Dataset extract
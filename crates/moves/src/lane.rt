// A lane in the front of a buffer, its top the first byte.
ghost use Rattle.std.specs.Prelude.{◌≡◌, ◌<◌, ◌≤◌, length, take, Decides, MatchOption};
ghost use Rattle.std.specs.List.{AllByRecursion};
ghost use Rattle.moves.specs.Moving.{wagons_fit, replaced, InFront};

use grade::upto::UpTo;
use text::line::Wagons;

// Whether each byte is a wagon.
pub fn are_wagons(lane: &[u8]) -> bool
    ensures value { result ≡ wagons_fit lane.now }
    ensures each { Decides result (AllByRecursion (λ k. k ≤ 31) lane.now) }
{
    lane.iter().all(|wagon| *wagon <= 31)
}

// The number as a byte. A cast, which the bound makes safe: no `From` can hold for the bounds up to 255 alone.
pub(crate) fn byte<const MAX: u16>(number: UpTo<MAX>) -> u8
    requires { MAX ≤ 255 }
    ensures { result ≡ number.entry.value }
{
    number.value as u8
}

// Sets these wagons down in the place of the top and gives the lane's new length; where they do not fit, changes nothing.
// The length is a number beside the buffer, as in the C interface: the lane may grow into the bytes behind it.
pub(crate) fn set_down(buffer: &mut [u8], len: usize, wagons: Wagons) -> Option<usize>
    requires { (0 < len) × (len ≤ length buffer.old) }
    ensures { MatchOption result
        ((length buffer.old < length (replaced wagons (take len buffer.old))) × (buffer.new ≡ buffer.old))
        (λ n. InFront buffer.old (replaced wagons (take len buffer.old)) buffer.new n) }
{
    match wagons {
        Wagons::Zero => {
            buffer.copy_within(1..len, 0);
            Some(len - 1)
        }
        Wagons::One(top) => {
            buffer[0] = byte(top);
            Some(len)
        }
        Wagons::Two(top, second) => {
            if len == buffer.len() {
                return None;
            }
            buffer.copy_within(1..len, 2);
            buffer[0] = byte(top);
            buffer[1] = byte(second);
            Some(len + 1)
        }
    }
}
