// One move as a call, for a simulator: a line as text, a position in plain numbers, and the number to carry out.

#![tactic(auto)]

pub mod export;
pub mod lane;
pub mod moving;
pub mod phase;
pub mod refusal;
pub mod stage;
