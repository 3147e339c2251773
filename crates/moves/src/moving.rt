// The move: carrying out one line by its number.
ghost use Rattle.std.specs.Prelude.{◌≡◌, Ok, Err, ◌≢◌};
ghost use Rattle.moves.specs.Moving.{handed, told, is_position, number_of, in_phase, takes, text_says, move_says};
ghost use Rattle.moves.specs.Meaning.{Right};
ghost use Rattle.moves.specs.Refusals.{refusal_number};

use crate::lane::{are_wagons, byte, set_down};
use crate::phase::{after_notice, allowed};
use crate::refusal::MoveRefusal;
use crate::stage::Stage;
use text::line::Rule;
use text::phase::contains;
use text::reader::read_rule;

// Whether the mode and the lane, the first bytes of the buffer, are those of a position.
fn are_position(stage: Stage, buffer: &[u8]) -> bool
    ensures { result ≡ is_position stage buffer.now }
{
    buffer
        .get(..stage.length)
        .is_some_and(|lane| stage.mode <= 15 && are_wagons(lane))
}

fn rule_number(rule: &Rule) -> u16
    ensures { result ≡ number_of rule.now }
{
    match rule {
        Rule::Order(order) => order.number.value,
        Rule::Notice(notice) => notice.number.value,
    }
}

// Whether the phase has the rule's number and, for a notice, the number that it withdraws.
fn is_in_phase(rule: &Rule, phase: u64) -> bool
    ensures { result ≡ in_phase rule.now phase }
{
    match rule {
        Rule::Order(order) => contains(phase, order.number),
        Rule::Notice(notice) => allowed(notice, phase),
    }
}

// Whether the mode is the rule's; an order's wagon is on top, and for a notice there is any wagon.
fn takes_lane(rule: &Rule, mode: u8, lane: &[u8]) -> bool
    ensures { result ≡ takes rule.now mode lane.now }
{
    match (rule, lane) {
        (Rule::Order(order), [top, ..]) => u16::from(mode) == order.mode.value
            && u16::from(*top) == order.wagon.value,
        (Rule::Notice(notice), [_, ..]) => u16::from(mode) == notice.mode.value,
        (_, []) => false,
    }
}

// Carries out the rule under its number.
fn carry_out(rule: &Rule, stage: Stage, buffer: &mut [u8], number: u8) -> Result<Stage, MoveRefusal>
    ensures { told result buffer.new ≡ text_says (Ok rule.now) (handed stage buffer.old number) }
{
    if !are_position(stage, buffer) {
        return Err(MoveRefusal::NoPosition);
    }
    if u16::from(number) != rule_number(rule) {
        return Err(MoveRefusal::NotAccepted(number));
    }
    if !is_in_phase(rule, stage.phase) {
        return Err(MoveRefusal::NotInForce);
    }
    if !takes_lane(rule, stage.mode, &buffer[..stage.length]) {
        return Err(MoveRefusal::Forbidden);
    }
    match rule {
        Rule::Order(order) => {
            let length = set_down(buffer, stage.length, order.wagons).ok_or(MoveRefusal::NoRoom)?;
            Ok(Stage {
                mode: byte(order.to),
                length,
                ..stage
            })
        }
        Rule::Notice(notice) => Ok(Stage {
            mode: byte(notice.to),
            phase: after_notice(stage.phase, notice),
            ..stage
        }),
    }
}

// Makes the move that the line allows under this number, from the stage's mode, phase and lane, which is the first bytes of the
// buffer. The first byte is the top. A refusal leaves the buffer as it was, and a move the bytes behind the new lane.
pub fn move_lane(
    line: &[u8],
    stage: Stage,
    buffer: &mut [u8],
    number: u8,
) -> Result<Stage, MoveRefusal>
    ensures value { told result buffer.new ≡ move_says line.now (handed stage buffer.old number) }
    ensures right { Right line.now (handed stage buffer.old number) result buffer.new }
    ensures rises { (e : MoveRefusal) → result ≡ Err e → refusal_number e ≢ 5 }
{
    let rule = read_rule(line)?;
    carry_out(&rule, stage, buffer, number)
}
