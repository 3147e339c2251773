// How far a run has come: its mode and phase, and how many wagons its lane holds. The lane itself stands in a buffer of the
// caller's, as the C interface hands it over, or in a list of rows.
#[derive(Clone, Copy, PartialEq, Eq, Debug)]
pub struct Stage {
    pub mode: u8,
    pub phase: u64,
    pub length: usize,
}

Exercise goal
Please print out every record exactly as it is written.

Exercise output
filename crates/moves/src/lane.rt
// A lane in the front of a buffer, its top the first byte.
ghost use Rattle.std.specs.Prelude.{◌≡◌, ◌<◌, ◌≤◌, length, take, Decides, MatchOption};
ghost use Rattle.std.specs.List.{AllByRecursion};
ghost use Rattle.moves.specs.Moving.{wagons_fit, replaced, InFront};

use grade::upto::UpTo;
use text::line::Wagons;

// Whether each byte is a wagon.
pub fn are_wagons(lane: &[u8]) -> bool
    ensures value { result ≡ wagons_fit lane.now }
    ensures each { Decides result (AllByRecursion (λ k. k ≤ 31) lane.now) }
{
    lane.iter().all(|wagon| *wagon <= 31)
}

// The number as a byte. A cast, which the bound makes safe: no `From` can hold for the bounds up to 255 alone.
pub(crate) fn byte<const MAX: u16>(number: UpTo<MAX>) -> u8
    requires { MAX ≤ 255 }
    ensures { result ≡ number.entry.value }
{
    number.value as u8
}

// Sets these wagons down in the place of the top and gives the lane's new length; where they do not fit, changes nothing.
// The length is a number beside the buffer, as in the C interface: the lane may grow into the bytes behind it.
pub(crate) fn set_down(buffer: &mut [u8], len: usize, wagons: Wagons) -> Option<usize>
    requires { (0 < len) × (len ≤ length buffer.old) }
    ensures { MatchOption result
        ((length buffer.old < length (replaced wagons (take len buffer.old))) × (buffer.new ≡ buffer.old))
        (λ n. InFront buffer.old (replaced wagons (take len buffer.old)) buffer.new n) }
{
    match wagons {
        Wagons::Zero => {
            buffer.copy_within(1..len, 0);
            Some(len - 1)
        }
        Wagons::One(top) => {
            buffer[0] = byte(top);
            Some(len)
        }
        Wagons::Two(top, second) => {
            if len == buffer.len() {
                return None;
            }
            buffer.copy_within(1..len, 2);
            buffer[0] = byte(top);
            buffer[1] = byte(second);
            Some(len + 1)
        }
    }
}
// One move as a call, for a simulator: a line as text, a position in plain numbers, and the number to carry out.

#![tactic(auto)]

pub mod export;
pub mod lane;
pub mod moving;
pub mod phase;
pub mod refusal;
pub mod stage;
repository 3147e339c2251773
filename crates/moves/src/moving.rt
// The move: carrying out one line by its number.
ghost use Rattle.std.specs.Prelude.{◌≡◌, Ok, Err, ◌≢◌};
ghost use Rattle.moves.specs.Moving.{handed, told, is_position, number_of, in_phase, takes, text_says, move_says};
ghost use Rattle.moves.specs.Meaning.{Right};
ghost use Rattle.moves.specs.Refusals.{refusal_number};

use crate::lane::{are_wagons, byte, set_down};
use crate::phase::{after_notice, allowed};
use crate::refusal::MoveRefusal;
use crate::stage::Stage;
use text::line::Rule;
use text::phase::contains;
use text::reader::read_rule;

// Whether the mode and the lane, the first bytes of the buffer, are those of a position.
fn are_position(stage: Stage, buffer: &[u8]) -> bool
    ensures { result ≡ is_position stage buffer.now }
{
    buffer
        .get(..stage.length)
        .is_some_and(|lane| stage.mode <= 15 && are_wagons(lane))
}

fn rule_number(rule: &Rule) -> u16
    ensures { result ≡ number_of rule.now }
{
    match rule {
        Rule::Order(order) => order.number.value,
        Rule::Notice(notice) => notice.number.value,
    }
}

// Whether the phase has the rule's number and, for a notice, the number that it withdraws.
fn is_in_phase(rule: &Rule, phase: u64) -> bool
    ensures { result ≡ in_phase rule.now phase }
{
    match rule {
        Rule::Order(order) => contains(phase, order.number),
        Rule::Notice(notice) => allowed(notice, phase),
    }
}

// Whether the mode is the rule's; an order's wagon is on top, and for a notice there is any wagon.
fn takes_lane(rule: &Rule, mode: u8, lane: &[u8]) -> bool
    ensures { result ≡ takes rule.now mode lane.now }
{
    match (rule, lane) {
        (Rule::Order(order), [top, ..]) => u16::from(mode) == order.mode.value
            && u16::from(*top) == order.wagon.value,
        (Rule::Notice(notice), [_, ..]) => u16::from(mode) == notice.mode.value,
        (_, []) => false,
    }
}

// Carries out the rule under its number.
fn carry_out(rule: &Rule, stage: Stage, buffer: &mut [u8], number: u8) -> Result<Stage, MoveRefusal>
    ensures { told result buffer.new ≡ text_says (Ok rule.now) (handed stage buffer.old number) }
{
    if !are_position(stage, buffer) {
        return Err(MoveRefusal::NoPosition);
    }
    if u16::from(number) != rule_number(rule) {
        return Err(MoveRefusal::NotAccepted(number));
    }
    if !is_in_phase(rule, stage.phase) {
        return Err(MoveRefusal::NotInForce);
    }
    if !takes_lane(rule, stage.mode, &buffer[..stage.length]) {
        return Err(MoveRefusal::Forbidden);
    }
    match rule {
        Rule::Order(order) => {
            let length = set_down(buffer, stage.length, order.wagons).ok_or(MoveRefusal::NoRoom)?;
            Ok(Stage {
                mode: byte(order.to),
                length,
                ..stage
            })
        }
        Rule::Notice(notice) => Ok(Stage {
            mode: byte(notice.to),
            phase: after_notice(stage.phase, notice),
            ..stage
        }),
    }
}

// Makes the move that the line allows under this number, from the stage's mode, phase and lane, which is the first bytes of the
// buffer. The first byte is the top. A refusal leaves the buffer as it was, and a move the bytes behind the new lane.
pub fn move_lane(
    line: &[u8],
    stage: Stage,
    buffer: &mut [u8],
    number: u8,
) -> Result<Stage, MoveRefusal>
    ensures value { told result buffer.new ≡ move_says line.now (handed stage buffer.old number) }
    ensures right { Right line.now (handed stage buffer.old number) result buffer.new }
    ensures rises { (e : MoveRefusal) → result ≡ Err e → refusal_number e ≢ 5 }
{
    let rule = read_rule(line)?;
    carry_out(&rule, stage, buffer, number)
}
repository 3147e339c2251773
// How far a run has come: its mode and phase, and how many wagons its lane holds. The lane itself stands in a buffer of the
// caller's, as the C interface hands it over, or in a list of rows.
#[derive(Clone, Copy, PartialEq, Eq, Debug)]
pub struct Stage {
    pub mode: u8,
    pub phase: u64,
    pub length: usize,
}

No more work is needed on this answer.